[YOUR ASSIGNMENT]: Read the records below and copy each line that contains "usize".

════════════════════

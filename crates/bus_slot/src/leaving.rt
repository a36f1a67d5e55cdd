// What is let go when an exchange is left: what it held of the slot, by the phase that it is left in.
#![tactic(auto, unfolding(crate::proofs::Open::leaving))]

ghost use Rattle.std.specs.Prelude.{◌≡◌};
ghost use Rattle.rules.specs.Memory.{abandoned, cancelled};
ghost use Rattle.rules.specs.Slot.{let_go, lost};

use super::{blocks, phase};
use rules::{Phase, Slot};

// The latched bytes are abandoned; the counter stays where it stands.
pub fn abandoned(s: Slot) -> Slot
    ensures { result ≡ abandoned s }
{
    Slot {
        latch: [0; 16],
        marks: [false; 16],
        place: 0,
        ..s
    }
}

// A protect or clear is cancelled: the protection to come is the one that stands, and none will be permanent that was not.
pub fn cancelled(s: Slot) -> Slot
    ensures { result ≡ cancelled s }
{
    blocks::to_come(s.protection, false, s)
}

// Kept: by the phase's words, as Slot.let_go has it: by the phases themselves it would say again which of them have which word.
// The slot without what an exchange that is left in this phase held of it.
pub fn let_go(p: Phase, s: Slot) -> Slot
    ensures { result ≡ let_go p s }
{
    let t = phase::traits(p);
    if t.sensor {
        phase::holding(0, s)
    } else if t.command {
        cancelled(s)
    } else if t.takes {
        abandoned(s)
    } else {
        s
    }
}

// An exchange that is left in this phase, so that the slot is deaf.
pub fn lost(p: Phase, s: Slot) -> Slot
    ensures { result ≡ lost p s }
{
    phase::in_phase(Phase::Deaf, let_go(p, s))
}
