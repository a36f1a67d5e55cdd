// A capture's records, checked piece by piece: whoever reads a long capture calls `piece` for what has come, and goes on from the bus and the memory
// that it leaves for as long as all agrees. What a verdict is stands in the crate `capture_rules`.
ghost use Rattle.std.specs.Prelude.{◌≡◌, true, ◌+◌, ◌≤◌, length};
ghost use Rattle.rules.specs.Modelled.{memory_bytes};
ghost use Rattle.rules.specs.Refusals.{in_range};
ghost use Rattle.capture_rules.specs.Capture.{agrees as Capture·agrees, closed as Capture·closed};
ghost use Rattle.capture_rules.specs.Agreement.{is_accepted};
ghost use Rattle.capture_pieces.specs.Piece.{piece_of};

use capture_rules::{Seen, Verdict};
use rules::{Answer, Bus};

// Bytes of a record.
pub const RECORD: usize = 6;

// Whether the model's answer is the captured one. A refusal never is.
#[tactic(auto, unfolding(capture_rules::specs::Capture::agrees))]
fn agrees(a: Answer, s: Seen) -> bool
    ensures { result ≡ Capture·agrees a s }
{
    match a {
        Answer::Nothing => s.code == 0,
        Answer::Ack => s.code == 1,
        Answer::Nack => s.code == 2,
        Answer::Data(b) => s.code == 3 && s.byte == b,
        Answer::Refused(_) => false,
    }
}

// The bus after the records that were looked at, and the verdict on them.
#[derive(Clone, Copy)]
pub struct Checked {
    pub bus: Bus,
    pub verdict: Verdict,
}

// Checks the whole records of some bytes, where `number` records went before them: to the end, or to the first that differs, which has then been run
// as well. The `requires` hold of a setup's bus and of whatever this leaves; the numbers of all records are to be below 2^64.
// Kept: a loop beside those of turns::run and list_entry::events: this one may stop at a record, `run` puts lines, and `events` fills places.
pub fn piece(bus: Bus, mem: &mut [u8], number: usize, records: &[u8]) -> Checked
    requires { (in_range bus ≡ true) × (length mem.old ≡ memory_bytes) × (number + length records.now ≤ 18446744073709551615) }
    ensures { piece_of bus mem.old number records.now ≡ (result, mem.new) }
{
    let mut bus = bus;
    let (whole, _) = records.as_chunks::<RECORD>();
    for (i, r) in whole.iter().enumerate() {
        let e = script_text::records::record_at(r, 0);
        let seen = Seen {
            code: r[4],
            byte: r[5],
        };
        let x = bus_event::event_in_range(bus, mem, e);
        bus = x.bus;
        let model = x.answer;
        let same = agrees(model, seen);
        if !same {
            let record = number + i;
            let verdict = Verdict::Differs {
                record,
                model,
                seen,
            };
            return Checked { bus, verdict };
        }
    }
    Checked {
        bus,
        verdict: Verdict::Accepted,
    }
}

// Whether all agreed.
#[tactic(auto, unfolding(capture_rules::specs::Agreement::is_accepted))]
pub fn accepted(v: Verdict) -> bool
    ensures { result ≡ is_accepted v }
{
    matches!(v, Verdict::Accepted)
}

// The verdict on records that end with so many bytes of one that is cut.
#[tactic(auto, unfolding(capture_rules::specs::Capture::closed))]
pub fn closed(v: Verdict, left: usize) -> Verdict
    ensures { result ≡ Capture·closed left v }
{
    match v {
        Verdict::Accepted if left != 0 => Verdict::Short,
        _ => v,
    }
}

════════════════════

[THE ANSWER]:
pub const RECORD: usize = 6;
pub fn piece(bus: Bus, mem: &mut [u8], number: usize, records: &[u8]) -> Checked
pub fn closed(v: Verdict, left: usize) -> Verdict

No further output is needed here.